What does he think about the five rookies so far ? Do they have a chance to have a long-time career in the NBA or will they disappear to some minor leagues ?


*Spears, Marc] So far, I've loved Stoudemire, Yao, Gooden, Wagner, Butler and Hilario. But, I don't think it's fair to judge rookies until their third season. If they can start off fast, that makes their careers look even more promising. Wagner, Gooden, Stoudemire, Yao have shown they can be a superstars in the league, I think Butler is probably going to continue to be the same as he is now and Nene, Tskitisivhili, Jay Williams, Dunleavy, Jared Jeffries, Jiri Welsch, Fred Jones, Manu Ginobili, Qyntel Woods, Tamar Slay, Gordon Giricek, Cezary Trybanski, Kareem Rush, Marko Jaric, Chris Wilcox, Bostjan Nachbar, Tayshaun Prince and Carlos Boozer have pontential to be solid NBA players. Just give them time.*


JGKoblenz

Hi Marc. I'm reading the Denver Post regularly since I'm a Brazilian and a big Hilario fan. You are doing a very good job. Congratulations.

What is your impressions about Nene so far? Is he adapting well to american life? Do you know with who he hangs around?

And about the language problem, is Nene still so dependent of Joe Santos? Can he communicate with the other players well?

What is your opinion about the future position of Nene? Do you think he will play the PF or the C position?

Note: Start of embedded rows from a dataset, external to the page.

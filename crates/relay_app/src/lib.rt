//! The runs of the program over any host: what is read and written, and the status.
#![tactic(auto)]

mod cutter;
mod framing;
pub mod laws;
mod run;
mod status;
mod stream_fault;
mod unit_lines;

pub use frame_rule::{Codec, FaultKind};
pub use framing::frames;
pub use relay_words::UsageKind;
pub use run::run_plain;
pub use status::Status;
pub use stream_fault::StreamFault;

#[cfg(test)]
mod tests;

And finally, do you think Nene will be a starter this season? When?

Thanks in advance.


*[Spears, Marc] Nene is a godsend to the Nuggets. His future in the NBA is bright. A lot of people compared him to Ben Wallace early on, but he is much better offensively. Maybe an Antonio Davis-type player is a better comparison. But he has star written all over him. His teammates love him and he speaks a little bit of English. He still is very reliant on interpreter Joe Santos, but he is taking lessons so his English is improving daily. I can't wait until he learns English because he has such a great personality and is very passionate when he talks. I can see him playing some power forward, but center is probably his true position. I also wouldn't be surprised if he started next season.*

MasterOfPuppets


Another question:

How do you see the NUGGETS chances on the upcoming free agent market next year ???

Thanks for the answer !!!


*[Spears, Marc] The Nuggets will probably make a run at Golden State guard Gilbert Arenas and Los Angeles Clippers center Michael Olowokandi. Arenas has worked out with Kiki in the past and his agent and Kiki are tight. Kiki also has a good relationship with Kandi, who visited with the Nuggets just before signing his one-year deal with the Clippers. The Nugs have the money and those 2 free-agents are realistic.*

Devestata

Do you think that Tskita will be able to become a good player?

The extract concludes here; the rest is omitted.